This is a major GOP donor family that told the GOP leadership to pass the tax legislation or the Koch family would cease their contributions to GOP election campaigns.
Related: Sanders: Passage of GOP tax bill a 'victory' for Koch brothers, campaign donors, corporations
By Philip Elliott
TIME
December 21, 2017
The billionaire Koch Brothers have bought the Republican Party
Now, comes the sell. Hours after Congress sent a sweeping package of tax cuts to the White House for President Donald Trump’s signature, the powerful network of advocacy groups backed by billionaires Charles and David Koch went into high gear to turn around the bill’s dour poll numbers. Planned to last at least six months—heading right into the months when voters will turn their attention to the 2018 midterm elections—the multi-platform Koch-backed campaign will seek to explain the benefits of the tax package. The sales job will be tough. Polls find the proposal incredibly unpopular with voters: a CNN poll released this week found 55% of voters opposed to the bill. And for good reason. The bulk of the benefits will go to those who make more than $300,000 a year, according to the non-partisan Tax Policy Center. And, by 2027, those earning less than $75,000 annual will see a tax hike while the cuts for the ultra-rich remain, according to the Center for Budget and Policy Priorities. Democrats, who stood unified against the package, now plan to weaponize it against Republicans next year and beyond.

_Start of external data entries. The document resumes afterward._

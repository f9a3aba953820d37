//! The stops of nodes that go and come again, from the document before.

ghost use Rattle.std.specs.Prelude.{◌≡◌, IfOk};
ghost use Rattle.forest.specs.Spots.{IsLive};
ghost use Rattle.edit_merge.specs.NodeStops.{stops_at_node, stops_at_nodes};

use crate::joining::joined;
use crate::places::is_before;
use crate::stops::relabelling_stops;
use merged_walk::stop::Stop;
use node_arena::arena::Arena;
use plain_types::memory::Memory;
use std::alloc::Global;

/// The stops where a node goes and comes again with all that is in it, in tree order.
///
/// It takes memory and time linear in the node's depth, and time linear in the siblings behind it up to the first
/// element; `Memory` where that is wanting.
pub fn stops_at_node(alloc: Global, arena: &Arena, key: usize) -> Result<Vec<Stop>, Memory>
    requires live { IsLive arena.now.tree key }
    ensures stops { IfOk result (λ stops. stops.items ≡ stops_at_node arena.now.tree key) }
{
    let path = arena.path_of(alloc, key)?;
    relabelling_stops(alloc, arena, path.as_slice())
}

/// The stops where two nodes go and come again, each with all that is in it, in tree order. One that stands in the other
/// has none of its own; the two may be the same.
///
/// It takes memory and time linear in the depths of both, and time linear in the siblings behind each up to the first
/// element; `Memory` where that is wanting.
pub fn stops_at_nodes(
    alloc: Global,
    arena: &Arena,
    one: usize,
    other: usize,
) -> Result<Vec<Stop>, Memory>
    requires one { IsLive arena.now.tree one }
    requires other { IsLive arena.now.tree other }
    ensures stops { IfOk result (λ stops. stops.items ≡ stops_at_nodes arena.now.tree one other) }
{
    let path = arena.path_of(alloc, one)?;
    let place = arena.path_of(alloc, other)?;
    if place.as_slice().starts_with(path.as_slice()) {
        return relabelling_stops(alloc, arena, path.as_slice());
    }
    if path.as_slice().starts_with(place.as_slice()) {
        return relabelling_stops(alloc, arena, place.as_slice());
    }
    let stops = relabelling_stops(alloc, arena, path.as_slice())?;
    let others = relabelling_stops(alloc, arena, place.as_slice())?;
    let is_first = is_before(path.as_slice(), place.as_slice());
    joined(alloc, is_first, stops.as_slice(), others.as_slice())
}
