use edit_script::action::Action;
use edit_script::command::Command;
use edit_script::read_script;
use evaluation_rows::lines::{Dump, text_of};
use evaluation_rows::trees::{same_tree, tree_of};
use marker_engine::edit_fault::EditFault;
use marker_engine::engine::Engine;
use plain_types::duplicate::Duplicate;
use plain_types::edit::Edit;
use plain_types::list::List;
use plain_types::memory::Memory;
use plain_types::node::NodeView;
use plain_types::path::Path;
use plain_types::text::Text;
use plain_types::tree::Tree;
use plain_types::tree_builder::TreeBuilder;
use ports::memory_sink::MemorySink;
use std::alloc::Global;
use std::marker::Brand;
use std::sync::ledger::{Blank, Ledger};
use std::test::Fail;
use steps::Steps;

/// An edit as a line of a script, and what comes of it, or why it is refused.
type Row = (&'static str, Result<Dump, EditFault>);

/// Edits, one after the other.
struct Course {
    start: Dump,
    rows: &'static [Row],
}

const PLAIN: &str = r#"b::before{content:"b"}"#;

/// The children of a paragraph: a text, and then an element.
static CHILDREN: Course = Course {
    start: ("<p/>", PLAIN, &[]),
    rows: &[
        ("insert / 0 t", Ok(("<p>t</p>", PLAIN, &[]))),
        ("insert / 2 u", Err(EditFault::NoPlace)),
        // a text is no parent
        ("move /0 /0 0", Err(EditFault::NoPlace)),
        ("unset / title", Ok(("<p>t</p>", PLAIN, &[]))),
        ("remove /0", Ok(("<p/>", PLAIN, &[]))),
        (
            "insert / 0 <b/>",
            Ok(("<p><b/></p>", PLAIN, &[r#"/0 before "b""#])),
        ),
        ("move /0 /0 0", Err(EditFault::IntoItself)),
        // the position is not looked at
        ("move /0 /0 5", Err(EditFault::IntoItself)),
    ],
};

static REFUSALS: Course = Course {
    start: ("<ol><li><b/><i/></li></ol>", "", &[r#"/0 marker "1. ""#]),
    rows: &[
        ("move /0 /0/1 0", Err(EditFault::IntoItself)),
        ("remove /9", Err(EditFault::NoPlace)),
        ("remove /", Err(EditFault::NoPlace)),
    ],
};

const IDS: &str = "li{list-style:none}li::before{content:counter(list-item)attr(id)}";

const MOVED: Dump = (
    r#"<ol><li id="b"/><li id="c"/><li id="a"/></ol>"#,
    IDS,
    &[
        r#"/0 before "1b""#,
        r#"/1 before "2c""#,
        r#"/2 before "3a""#,
    ],
);

/// The first item becomes the last: two are left once it is out, so that is the place 2.
static FIRST_TO_LAST: Course = Course {
    start: (
        r#"<ol><li id="a"/><li id="b"/><li id="c"/></ol>"#,
        IDS,
        &[
            r#"/0 before "1a""#,
            r#"/1 before "2b""#,
            r#"/2 before "3c""#,
        ],
    ),
    rows: &[
        ("move /0 / 3", Err(EditFault::NoPlace)),
        ("move /0 / 2", Ok(MOVED)),
        ("unset /1 title", Ok(MOVED)),
    ],
};

/// Numbers the `b`s, each with its attribute `a` behind it.
pub const NUMBERED: &str =
    "p{counter-reset:n}b{counter-increment:n}b::before{content:counter(n)attr(a)}";

static INSERTIONS: Course = Course {
    start: ("<p/>", NUMBERED, &[]),
    rows: &[
        (
            "insert / 0 <b/>",
            Ok(("<p><b/></p>", NUMBERED, &[r#"/0 before "1""#])),
        ),
        // first, last, and between
        (
            "insert / 0 <i>t</i>",
            Ok(("<p><i>t</i><b/></p>", NUMBERED, &[r#"/1 before "1""#])),
        ),
        (
            r#"insert / 2 <b a="x"/>"#,
            Ok((
                r#"<p><i>t</i><b/><b a="x"/></p>"#,
                NUMBERED,
                &[r#"/1 before "1""#, r#"/2 before "2x""#],
            )),
        ),
        ("insert / 4 u", Err(EditFault::NoPlace)),
        (
            "insert / 2 u",
            Ok((
                r#"<p><i>t</i><b/>u<b a="x"/></p>"#,
                NUMBERED,
                &[r#"/1 before "1""#, r#"/3 before "2x""#],
            )),
        ),
        // in a text, below one, and where nothing is
        ("insert /2 0 v", Err(EditFault::NoPlace)),
        ("insert /2/0 0 v", Err(EditFault::NoPlace)),
        ("insert /4 0 v", Err(EditFault::NoPlace)),
        // in the first child, and in the last
        (
            "insert /0 0 <b/>",
            Ok((
                r#"<p><i><b/>t</i><b/>u<b a="x"/></p>"#,
                NUMBERED,
                &[
                    r#"/0/0 before "1""#,
                    r#"/1 before "2""#,
                    r#"/3 before "3x""#,
                ],
            )),
        ),
        (
            "insert /3 0 v",
            Ok((
                r#"<p><i><b/>t</i><b/>u<b a="x">v</b></p>"#,
                NUMBERED,
                &[
                    r#"/0/0 before "1""#,
                    r#"/1 before "2""#,
                    r#"/3 before "3x""#,
                ],
            )),
        ),
    ],
};

static MOVES: Course = Course {
    start: (
        r#"<p><b a="x"/>t<b a="y"><i/></b></p>"#,
        NUMBERED,
        &[r#"/0 before "1x""#, r#"/2 before "2y""#],
    ),
    rows: &[
        // the root stays, and so does what is not there
        ("move / /2 0", Err(EditFault::NoPlace)),
        ("move /3 / 0", Err(EditFault::NoPlace)),
        // to a text, to nothing, past the children, and into itself
        ("move /0 /1 0", Err(EditFault::NoPlace)),
        ("move /0 /3 0", Err(EditFault::NoPlace)),
        ("move /0 / 3", Err(EditFault::NoPlace)),
        ("move /2 /2/0 0", Err(EditFault::IntoItself)),
        // to where it is, and to the last place
        (
            "move /0 / 0",
            Ok((
                r#"<p><b a="x"/>t<b a="y"><i/></b></p>"#,
                NUMBERED,
                &[r#"/0 before "1x""#, r#"/2 before "2y""#],
            )),
        ),
        (
            "move /0 / 2",
            Ok((
                r#"<p>t<b a="y"><i/></b><b a="x"/></p>"#,
                NUMBERED,
                &[r#"/1 before "1y""#, r#"/2 before "2x""#],
            )),
        ),
        // a text down, and an element up; both paths name nodes as they are before
        (
            "move /0 /1 1",
            Ok((
                r#"<p><b a="y"><i/>t</b><b a="x"/></p>"#,
                NUMBERED,
                &[r#"/0 before "1y""#, r#"/1 before "2x""#],
            )),
        ),
        (
            "move /0/0 / 0",
            Ok((
                r#"<p><i/><b a="y">t</b><b a="x"/></p>"#,
                NUMBERED,
                &[r#"/1 before "1y""#, r#"/2 before "2x""#],
            )),
        ),
        (
            "move /2 /0 0",
            Ok((
                r#"<p><i><b a="x"/></i><b a="y">t</b></p>"#,
                NUMBERED,
                &[r#"/0/0 before "1x""#, r#"/1 before "2y""#],
            )),
        ),
    ],
};

static REMOVALS: Course = Course {
    start: (
        r#"<p><i><b a="x"/></i><b a="y">t</b></p>"#,
        NUMBERED,
        &[r#"/0/0 before "1x""#, r#"/1 before "2y""#],
    ),
    rows: &[
        // the root stays, and so does what is not there
        ("remove /", Err(EditFault::NoPlace)),
        ("remove /1/0/0", Err(EditFault::NoPlace)),
        // a text, the last child, and the first with what is in it
        (
            "remove /1/0",
            Ok((
                r#"<p><i><b a="x"/></i><b a="y"/></p>"#,
                NUMBERED,
                &[r#"/0/0 before "1x""#, r#"/1 before "2y""#],
            )),
        ),
        (
            "remove /1",
            Ok((
                r#"<p><i><b a="x"/></i></p>"#,
                NUMBERED,
                &[r#"/0/0 before "1x""#],
            )),
        ),
        ("remove /0", Ok(("<p/>", NUMBERED, &[]))),
        ("remove /0", Err(EditFault::NoPlace)),
    ],
};

static ATTRIBUTES: Course = Course {
    start: (
        "<p><b/>t<b/></p>",
        NUMBERED,
        &[r#"/0 before "1""#, r#"/2 before "2""#],
    ),
    rows: &[
        (
            "set / a x",
            Ok((
                r#"<p a="x"><b/>t<b/></p>"#,
                NUMBERED,
                &[r#"/0 before "1""#, r#"/2 before "2""#],
            )),
        ),
        (
            "set /0 a x",
            Ok((
                r#"<p a="x"><b a="x"/>t<b/></p>"#,
                NUMBERED,
                &[r#"/0 before "1x""#, r#"/2 before "2""#],
            )),
        ),
        // an empty value; a new attribute goes last, and one that is there keeps its place
        (
            "set /2 a",
            Ok((
                r#"<p a="x"><b a="x"/>t<b a=""/></p>"#,
                NUMBERED,
                &[r#"/0 before "1x""#, r#"/2 before "2""#],
            )),
        ),
        (
            "set /0 b y",
            Ok((
                r#"<p a="x"><b a="x" b="y"/>t<b a=""/></p>"#,
                NUMBERED,
                &[r#"/0 before "1x""#, r#"/2 before "2""#],
            )),
        ),
        (
            "set /0 a ",
            Ok((
                r#"<p a="x"><b a="" b="y"/>t<b a=""/></p>"#,
                NUMBERED,
                &[r#"/0 before "1""#, r#"/2 before "2""#],
            )),
        ),
        // of a text, of nothing, and below a text
        ("set /1 a x", Err(EditFault::NoPlace)),
        ("set /3 a x", Err(EditFault::NoPlace)),
        ("unset /1 a", Err(EditFault::NoPlace)),
        ("unset /1/0 a", Err(EditFault::NoPlace)),
        (
            "unset / a",
            Ok((
                r#"<p><b a="" b="y"/>t<b a=""/></p>"#,
                NUMBERED,
                &[r#"/0 before "1""#, r#"/2 before "2""#],
            )),
        ),
        (
            "unset /0 a",
            Ok((
                r#"<p><b b="y"/>t<b a=""/></p>"#,
                NUMBERED,
                &[r#"/0 before "1""#, r#"/2 before "2""#],
            )),
        ),
        (
            "unset /2 a",
            Ok((
                r#"<p><b b="y"/>t<b/></p>"#,
                NUMBERED,
                &[r#"/0 before "1""#, r#"/2 before "2""#],
            )),
        ),
    ],
};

Republicans grumble that they had little choice but to pass this unpopular bill. For years, they’ve promised sweeping tax cuts. Now, given control of the House, the Senate and the White House, they delivered on campaign rhetoric in a big way. Failing to do so would have meant they had control of all levers of official Washington power and still accomplished nothing. They had to show they could, in fact, govern. The Koch-backed network spans interest groups, advocacy organizations, think tanks and P.R. machines. It went in with $20 million to push for these tax cuts and promised lawmakers that their backs would be covered if they supported it. Still, the tax bill is just as unpopular on the day it is becoming law as the Democrats’ health care bill was when it became law in 2010. Republicans used Obamacare as to bludgeon their way into the majority that year. Even so, views of Obamacare have improved in the years since. Republicans are hoping their tax cuts will fare as well.
Unsurprisingly, the billionaire Koch Brothers and their Koch Industries are among the biggest winners in the GOP tax giveaway to the ultra-wealthy and corporations.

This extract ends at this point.